EXERCISE =>
Nothing but the line containing "0 < self.old.used" and the lines after it in the entries below should appear, each repeated exactly.

● ● ● ● ● ● ●

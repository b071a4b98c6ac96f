//! A picture of a time line, as an SVG document.
#![tactic(auto)]

mod bars;
mod curve;
mod drawing;
mod lane;
mod layout;
mod picture;
mod tick;

pub use bars::bars_of;
pub use curve::{CurvePoint, points_of};
pub use lane::lanes_of;
pub use layout::{LaneLayout, RunqueueLayout, Scene, layout_of, owns_of};
pub use picture::{end_of, picture_text};
pub use tick::{Tick, ticks_of};
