// A queue of bytes: made, filled and emptied.
ghost use Rattle.std.specs.Prelude.{◌≡◌, ◌+◌, ◌-◌, ◌<◌, ◌≤◌, [], ◌∷◌, ◌++◌, vec_len, ◌==◌};
ghost use Rattle.links.specs.Queue.{held, place, room, Joined, Left};

use super::ByteQueue;
use crate::checks;

impl ByteQueue {
    // An empty queue; memory that would be turned down counts as 0 bytes.
    pub(crate) fn new(memory: Vec<u8>) -> ByteQueue
        ensures empty { held result ≡ [] }
        ensures size { result.size ≡ room (vec_len memory) }
        ensures kept { result.memory ≡ memory }
    {
        let bytes = memory.len();
        let fit = checks::check_memory(bytes).is_ok();
        ByteQueue {
            memory,
            size: if fit { bytes } else { 0 },
            head: 0,
            used: 0,
        }
    }

    // The memory that was handed over.
    pub(crate) fn into_memory(self) -> Vec<u8>
        ensures { result ≡ self.memory }
    {
        self.memory
    }

    pub(crate) fn free(&self) -> usize
        ensures { result ≡ self.now.size - self.now.used }
    {
        self.size - self.used
    }

    pub(crate) fn is_empty(&self) -> bool
        ensures { result ≡ (self.now.used == 0) }
    {
        self.used == 0
    }

    // The place that stands so many after the first.
    fn place_after(&self, count: usize) -> usize
        requires { count ≤ self.now.size }
        ensures { result ≡ place self.now count }
    {
        let at = self.head + count;
        if at < self.size { at } else { at - self.size }
    }

    // One byte more at the end, where there is room.
    pub(crate) fn push(&mut self, byte: u8)
        requires { self.old.used < self.old.size }
        ensures { Joined self.old self.new (byte ∷ []) }
    {
        let at = self.place_after(self.used);
        self.memory[at] = byte;
        self.used += 1;
    }

    // The first byte, where there is one.
    pub(crate) fn pop(&mut self) -> u8
        requires { 0 < self.old.used }
        ensures { Left self.old self.new (result ∷ []) }
    {
        let byte = self.memory[self.head];
        self.head = self.place_after(1);
        self.used -= 1;
        byte
    }
}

● ● ● ● ● ● ●

EXERCISE RESPONSE =>
        requires { 0 < self.old.used }
        ensures { Left self.old self.new (result ∷ []) }
    {
        let byte = self.memory[self.head];
        self.head = self.place_after(1);
        self.used -= 1;
        byte
    }
}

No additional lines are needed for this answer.